Teacher Abigail Zwerner, who was shot by a six-year-old student in the US, has opened up about the difficulties of her “exhausting” recovery for the first time.
The 25-year-old was left with wounds to her left hand and chest, which required a hospital stay of nearly two weeks after the shooting took place in a school in Newport News, Virginia.
The teacher was praised for escorting 20 children to safety after being shot.
Ms Zwerner has now spoken publicly for the first time in an interview which is set to air on NBC’s “TODAY” show in the US on Tuesday.
In a two-minute preview of the interview, Ms Zwerner said she’s been doing “okay,” while adding that “it’s been challenging” and that she’s “gone through a lot of obstacles and challenges.”
She added: “Some days are not so good days, where I can’t get up out of bed.
“Some days are better than others, where I’m able to get out of bed and make it to my appointments.
“But you know, from going through what I’ve gone through, I try to stay positive.”
‘Tragedy could have been prevented’
Earlier this month, a prosecutor decided not to seek charges against the six-year-old boy.
Attorney Howard Gwynn said the “prospect that a six-year-old can stand trial is problematic” given that a child that young wouldn’t have the ability to understand the legal system and what a charge means.
However, according to Ms Zwerner’s lawyer, Diane Toscano, the boy had behavioural issues and a pattern of troubling interactions with staff and students at the school.
“I can tell you there were failures on multiple levels in this case, and there were adults that were in positions of authority that could have prevented this tragedy from happening and did not,” Ms Toscano added.
NBC reported Ms Zwerner’s lawyers are planning to file a lawsuit about the shooting in the next two weeks.

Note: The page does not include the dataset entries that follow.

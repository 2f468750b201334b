ghost use Rattle.std.specs.Prelude.{◌≡◌, ◌⊎◌, Ok, Err, IfOk, IfErr};
ghost use Rattle.serde_json.specs.View.{view, items_view};
ghost use Rattle.sb_json.specs.Values as spec;

use crate::encoded::base64_bytes;
use crate::numerals::{at_most, numeral};
use crate::{Field, FieldFault};
use sb_model::{Bytes, Duration, read_duration};
use serde_json::Value;
use std::alloc::Global;

/// A value as a whole number from 0 to `most`: a JSON number without fraction and exponent, or a string of
/// `0` or of digits that do not begin with 0. A fault names the field that the value is of, as the list whose
/// item it is.
pub fn whole_item(value: &Value, field: Field, most: u64) -> Result<u64, FieldFault>
    ensures { result ≡ spec.whole_in field most (view value.now) }
{
    let number = match value {
        Value::Number(number) => at_most(number.as_u64(), most),
        Value::String(text) => numeral(text.as_str(), most),
        _ => return Err(FieldFault::WrongKind(field)),
    };
    number.ok_or(FieldFault::Number(field))
}

/// A value as a string, as it stands.
pub fn string_item<'v>(value: &'v Value, field: Field) -> Result<&'v str, FieldFault>
    ensures ok { IfOk result (λ text. spec.string_in field (view value.now) ≡ Ok text.now) }
    ensures err { IfErr result (λ fault. spec.string_in field (view value.now) ≡ Err fault) }
{
    match value {
        Value::String(text) => Ok(text.as_str()),
        _ => Err(FieldFault::WrongKind(field)),
    }
}

/// A value as the items of a list.
pub fn items_item<'v>(value: &'v Value, field: Field) -> Result<&'v [Value], FieldFault>
    ensures ok { IfOk result (λ items. spec.items_in field (view value.now) ≡ Ok (items_view items.now)) }
    ensures err { IfErr result (λ fault. spec.items_in field (view value.now) ≡ Err fault) }
{
    match value {
        Value::Array(items) => Ok(items.as_slice()),
        _ => Err(FieldFault::WrongKind(field)),
    }
}

/// A value as an object, whose fields are read from it. The top value is read so as `Field::Root`.
pub fn object_item<'v>(value: &'v Value, field: Field) -> Result<&'v Value, FieldFault>
    ensures ok { IfOk result (λ object. spec.object_in field (view value.now) ≡ Ok (view object.now)) }
    ensures err { IfErr result (λ fault. spec.object_in field (view value.now) ≡ Err fault) }
{
    match value {
        Value::Object(_) => Ok(value),
        _ => Err(FieldFault::WrongKind(field)),
    }
}

/// A value as the bytes of a string in base64, as `bytes` reads a field.
pub fn bytes_item(alloc: Global, value: &Value, field: Field) -> Result<Bytes, FieldFault>
    ensures ok { IfOk result (λ bytes. spec.bytes_in field (view value.now) ≡ Ok bytes) }
    ensures err { IfErr result (λ fault. (fault ≡ FieldFault.OutOfMemory)
        ⊎ (spec.bytes_in field (view value.now) ≡ Err fault)) }
{
    let text = string_item(value, field)?;
    match base64_bytes(alloc, text.as_bytes())? {
        Some(bytes) => Ok(bytes),
        None => Err(FieldFault::Base64(field)),
    }
}

/// A value as a duration.
pub fn duration_item(value: &Value, field: Field) -> Result<Duration, FieldFault>
    ensures { result ≡ spec.duration_in field (view value.now) }
{
    let text = string_item(value, field)?;
    match read_duration(text.as_bytes()) {
        Ok(duration) => Ok(duration),
        Err(_) => Err(FieldFault::Duration(field)),
    }
}
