ghost use Rattle.std.specs.Prelude.{◌≡◌, ◌≤◌, ℕ, List, false, length, None, Some};
ghost use Rattle.base64.specs.Engines.{standard};
ghost use Rattle.base64.specs.GeneralPurpose.{IsBytes, encode_of};
ghost use Rattle.serde_json.specs.Data.{Data};
ghost use Rattle.serde_json.specs.Written.{compact_text, has_float};
ghost use Rattle.sb_json.specs.Counts.{openings_in, values_in};
ghost use Rattle.sb_json.specs.Density.{most_openings, most_values, openings_of, too_dense, values_of};
ghost use Rattle.sb_json.specs.Values.{base64_of};

/// Bytes that are written in standard padded base64 are read again.
pub fn encoded_bytes_read_again()
    ensures { (bytes : List ℕ) → IsBytes bytes → base64_of (encode_of standard bytes) ≡ Some bytes }
{}

/// What the text of a written value counts is what the value has, unless it has a float, whose text is not said. A text is
/// not too dense exactly where it counts no more openings and no more values than it may.
pub fn written_texts_are_counted()
    ensures counts { (d : Data) → has_float d ≡ false
        → (openings_of (compact_text d) ≡ openings_in d) × (values_of (compact_text d) ≡ values_in d) }
    ensures clear { (text : List ℕ) → openings_of text ≤ most_openings (length text)
        → values_of text ≤ most_values (length text) → too_dense text ≡ None }
    ensures dense { (text : List ℕ) → too_dense text ≡ None
        → (openings_of text ≤ most_openings (length text)) × (values_of text ≤ most_values (length text)) }
{}
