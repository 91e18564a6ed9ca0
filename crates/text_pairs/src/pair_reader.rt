//! Two scripts whose text comes in pieces.
ghost use Rattle.std.specs.Prelude.{◌≡◌, ◌⊎◌, ℕ, ◌+◌, ◌≤◌, List, [], ◌++◌, length, take, drop, IfOk, IfErr};
ghost use Rattle.std.specs.Prelude.{None, Ok, Err, option_map};
ghost use Rattle.text_lines.specs.Cut.{Lacks};
ghost use Rattle.text_lines.specs.WordsOfLine.{words};
ghost use Rattle.text_scripts.specs.script_read.Script.{missing_line};
ghost use Rattle.text_scripts.specs.script_read.ScriptInPieces.{IsReader, IsUntested, HasNumbersLeft};
ghost use Rattle.text_scripts.specs.script_read.ScriptInPieces.{next_number, drafted};
ghost use Rattle.law_model.specs.Common.{longest_input};
ghost use Rattle.law_pair.specs.Common.{IsPair};
ghost use Rattle.text_pairs.specs.PairTextLines.{of_script, is_division, divides, divided};
ghost use Rattle.text_pairs.specs.PairTextLines.{half_fault, half_after};
ghost use Rattle.text_pairs.specs.PairTextLines.{half_missing};
ghost use Rattle.text_pairs.specs.PairOfText.{pair_in, pair_of, pair_of_halves};
ghost use Rattle.text_pairs.specs.Pieces.{no_memory, line_at, halves_of, said_after, IsPairAt, IsPairToldAt};
ghost use Rattle.text_pairs.specs.Pieces.{IsPairReader, StandsAt, HasPairRoom, FollowsIn};

use crate::pair_limits::limits_fault;
use crate::script_pair::{PairFault, ScriptPair};
use law_model::Script;
use std::alloc::Global;
use text_lines::{next_whole_line, one_word};
use text_scripts::script_read::{ScriptFault, ScriptReader};

/// Reads two scripts whose text comes in pieces, each line once it is whole.
#[derive(Drop)]
pub(crate) struct PairReader {
    // The first script, where the line that divides has come.
    there: Option<Script>,
    // The lines so far of the script that goes on.
    reader: ScriptReader,
}

/// Whether a line has the one word that divides.
pub fn is_division(line: &[u8]) -> bool
    ensures { result ≡ is_division (words line.now) }
{
    match one_word(line) {
        Some(word) => word == b"other".as_slice(),
        None => false,
    }
}

/// Ends the first script at the line that divides.
fn divide(alloc: Global, first: ScriptReader) -> Result<PairReader, PairFault>
    requires reader { IsReader first }
    requires room { HasNumbersLeft first 1 }
    ensures reader { IfOk result IsPairReader }
    ensures whole { IfOk result (λ _. missing_line (drafted first) ≡ None) }
    ensures at { IfOk result (λ read. IsPairAt read (next_number first + 1)
        (divided (drafted first))) }
    ensures fault { IfErr result (λ fault. IsPairToldAt (next_number first)
        (option_map of_script (missing_line (drafted first))) fault) }
{
    let number = first.next_number();
    match first.end() {
        Ok(there) => Ok(PairReader {
            there: Some(there),
            reader: ScriptReader::from_line(alloc, number + 1),
        }),
        Err(fault) => Err(PairFault::Script(fault)),
    }
}

impl PairReader {
    /// A reader that has read nothing.
    pub(crate) fn new(alloc: Global) -> PairReader
        ensures reader { IsPairReader result }
        ensures stands { StandsAt result [] }
        ensures room { HasPairRoom result longest_input }
    {
        PairReader {
            there: None,
            reader: ScriptReader::from_line(alloc, 1),
        }
    }

    /// Whether a line is the one that divides.
    fn divides(&self, line: &[u8]) -> bool
        ensures { result ≡ divides (halves_of self.now) (words line.now) }
    {
        match self.there {
            None => is_division(line),
            Some(_) => false,
        }
    }

    /// Reads one line, without its end.
    fn read_next(self, alloc: Global, line: &[u8]) -> Result<PairReader, PairFault>
        requires reader { IsPairReader self }
        requires room { HasPairRoom self 1 }
        ensures reader { IfOk result IsPairReader }
        ensures sound { IfOk result (λ _. half_fault (halves_of self) (words line.now) ≡ None) }
        ensures at { IfOk result (λ read. IsPairAt read (line_at self + 1)
            (half_after (line_at self) (halves_of self) (words line.now))) }
        ensures fault { IfErr result (λ fault. (fault ≡ no_memory) ⊎
            IsPairToldAt (line_at self) (half_fault (halves_of self) (words line.now)) fault) }
    {
        if self.divides(line) {
            return divide(alloc, self.reader);
        }
        match self.reader.read_next(alloc, line) {
            Ok(reader) => Ok(PairReader {
                there: self.there,
                reader,
            }),
            Err(fault) => Err(PairFault::Script(fault)),
        }
    }

    /// Reads the whole lines at the front of a piece, and says how many octets they have.
    fn read_lines(self, alloc: Global, piece: &[u8]) -> Result<(PairReader, usize), PairFault>
        requires reader { IsPairReader self }
        requires room { HasPairRoom self (length piece.now) }
        ensures reader { IfOk result (λ read. IsPairReader read.0) }
        ensures within { IfOk result (λ read. read.1 ≤ length piece.now) }
        ensures count { IfOk result (λ read. line_at read.0 ≤ line_at self + read.1) }
        ensures cut { IfOk result (λ read. Lacks 10 (drop read.1 piece.now)) }
        ensures said { IfOk result (λ read. (more : List ℕ) →
            said_after self (take read.1 piece.now ++ more) ≡ said_after read.0 more) }
        ensures fault { IfErr result (λ fault. (fault ≡ no_memory) ⊎ ((more : List ℕ) →
            pair_of_halves (said_after self (piece.now ++ more)) ≡ Err fault)) }
    {
        let mut reader = self;
        let mut rest = piece;
        while let Some((line, later)) = next_whole_line(rest) {
            match reader.read_next(alloc, line) {
                Ok(next) => reader = next,
                Err(fault) => return Err(fault),
            }
            rest = later;
        }
        Ok((reader, piece.len() - rest.len()))
    }

    /// Reads the whole lines at the front of the rest of a text, and gives what is left then.
    pub(crate) fn read_on(
        self,
        alloc: Global,
        rest: Vec<u8>,
    ) -> Result<(PairReader, Vec<u8>), PairFault>
        requires reader { IsPairReader self }
        requires room { HasPairRoom self (length rest.items) }
        ensures reader { IfOk result (λ read. IsPairReader read.0) }
        ensures follows { (all : List ℕ) → FollowsIn self rest.items all →
            IfOk result (λ read. FollowsIn read.0 read.1.items all) }
        ensures fault { (all : List ℕ) → FollowsIn self rest.items all → IfErr result (λ fault.
            (fault ≡ no_memory) ⊎ ((more : List ℕ) → pair_of (all ++ more) ≡ Err fault)) }
    {
        match self.read_lines(alloc, rest.as_slice()) {
            Ok((reader, used)) => match Vec::from_slice(alloc, &rest[used..]) {
                Ok(left) => Ok((reader, left)),
                Err(_) => Err(PairFault::Script(ScriptFault::Memory)),
            },
            Err(fault) => Err(fault),
        }
    }

    /// Reads what is left behind the whole lines of a text: nothing, or a line that lacks its end.
    fn read_tail(self, alloc: Global, last: &[u8]) -> Result<PairReader, PairFault>
        requires reader { IsPairReader self }
        requires room { HasPairRoom self (length last.now) }
        requires lacks { Lacks 10 last.now }
        ensures reader { IfOk result IsPairReader }
        ensures room { IfOk result (λ read. HasPairRoom read 0) }
        ensures said { IfOk result (λ read. said_after self last.now ≡ said_after read []) }
        ensures fault { IfErr result (λ fault. (fault ≡ no_memory) ⊎
            (pair_of_halves (said_after self last.now) ≡ Err fault)) }
    {
        if last.is_empty() {
            return Ok(self);
        }
        self.read_next(alloc, last)
    }

    /// Reads the rest of a text, whose last line may lack its end.
    fn read_last(self, alloc: Global, rest: &[u8]) -> Result<PairReader, PairFault>
        requires reader { IsPairReader self }
        requires room { HasPairRoom self (length rest.now) }
        ensures reader { IfOk result IsPairReader }
        ensures room { IfOk result (λ read. HasPairRoom read 0) }
        ensures said { IfOk result (λ read. said_after self rest.now ≡ said_after read []) }
        ensures fault { IfErr result (λ fault. (fault ≡ no_memory) ⊎
            (pair_of_halves (said_after self rest.now) ≡ Err fault)) }
    {
        match self.read_lines(alloc, rest) {
            Ok((reader, used)) => reader.read_tail(alloc, &rest[used..]),
            Err(fault) => Err(fault),
        }
    }

    /// The scripts that its lines say after the last of them, of which neither is tested as a whole.
    fn end(self) -> Result<ScriptPair, PairFault>
        requires reader { IsPairReader self }
        requires room { HasPairRoom self 0 }
        ensures whole { IfOk result (λ _. half_missing (halves_of self) ≡ None) }
        ensures pair { IfOk result (λ pair. pair ≡ pair_in (halves_of self)) }
        ensures there { IfOk result (λ pair. IsUntested pair.there) }
        ensures back { IfOk result (λ pair. IsUntested pair.back) }
        ensures fault { IfErr result (λ fault.
            IsPairToldAt (line_at self) (half_missing (halves_of self)) fault) }
    {
        let number = self.reader.next_number();
        let back = match self.reader.end() {
            Ok(back) => back,
            Err(fault) => return Err(PairFault::Script(fault)),
        };
        match self.there {
            Some(there) => Ok(ScriptPair { there, back }),
            None => Err(PairFault::Undivided { number }),
        }
    }

    /// The scripts of a text whose last piece this is.
    pub(crate) fn finish(self, alloc: Global, piece: &[u8]) -> Result<ScriptPair, PairFault>
        requires reader { IsPairReader self }
        requires room { HasPairRoom self (length piece.now) }
        ensures pair { (text : List ℕ) → StandsAt self text →
            IfOk result (λ pair. pair_of (text ++ piece.now) ≡ Ok pair) }
        ensures fits { IfOk result (λ pair. IsPair pair.there pair.back) }
        ensures fault { (text : List ℕ) → StandsAt self text → IfErr result (λ fault.
            (fault ≡ no_memory) ⊎ (pair_of (text ++ piece.now) ≡ Err fault)) }
    {
        let reader = match self.read_last(alloc, piece) {
            Ok(reader) => reader,
            Err(fault) => return Err(fault),
        };
        let pair = match reader.end() {
            Ok(pair) => pair,
            Err(fault) => return Err(fault),
        };
        match limits_fault(&pair) {
            Some(fault) => Err(fault),
            None => Ok(pair),
        }
    }
}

Ms Zwerner told NBC News that she has had four operations since the shooting – the most recent one on her hand, which she is now unable to use fully.
Daily tasks have become harder for her, such as opening a water bottle and getting dressed.
“Physical therapy is not only physically exhausting but mentally exhausting as well. I’m supposed to be moving them once every hour, throughout the hour,” she told NBC.
Ms Zwerner added: “Just manipulating them to get that blood flowing and to get that movement back into the hand.”
The shooting, which took place on 6 January, raised fresh concerns about school and gun safety, as police said the boy had taken a gun that belonged to his mother.
The legally owned 9mm handgun was found in the boy’s backpack on the day of the shooting.
In a statement, the family of the six-year-old pupil said the gun was “secured” at their home when he took it.
“Our family has always been committed to responsible gun ownership and keeping firearms out of the reach of children. The firearm our son accessed was secured,” the family said in a statement provided by their attorney, James Ellenson.
“Our heart goes out to our son’s teacher and we pray for her healing in the aftermath of such an unimaginable tragedy as she selflessly served our son and the children in the school,” the statement continued.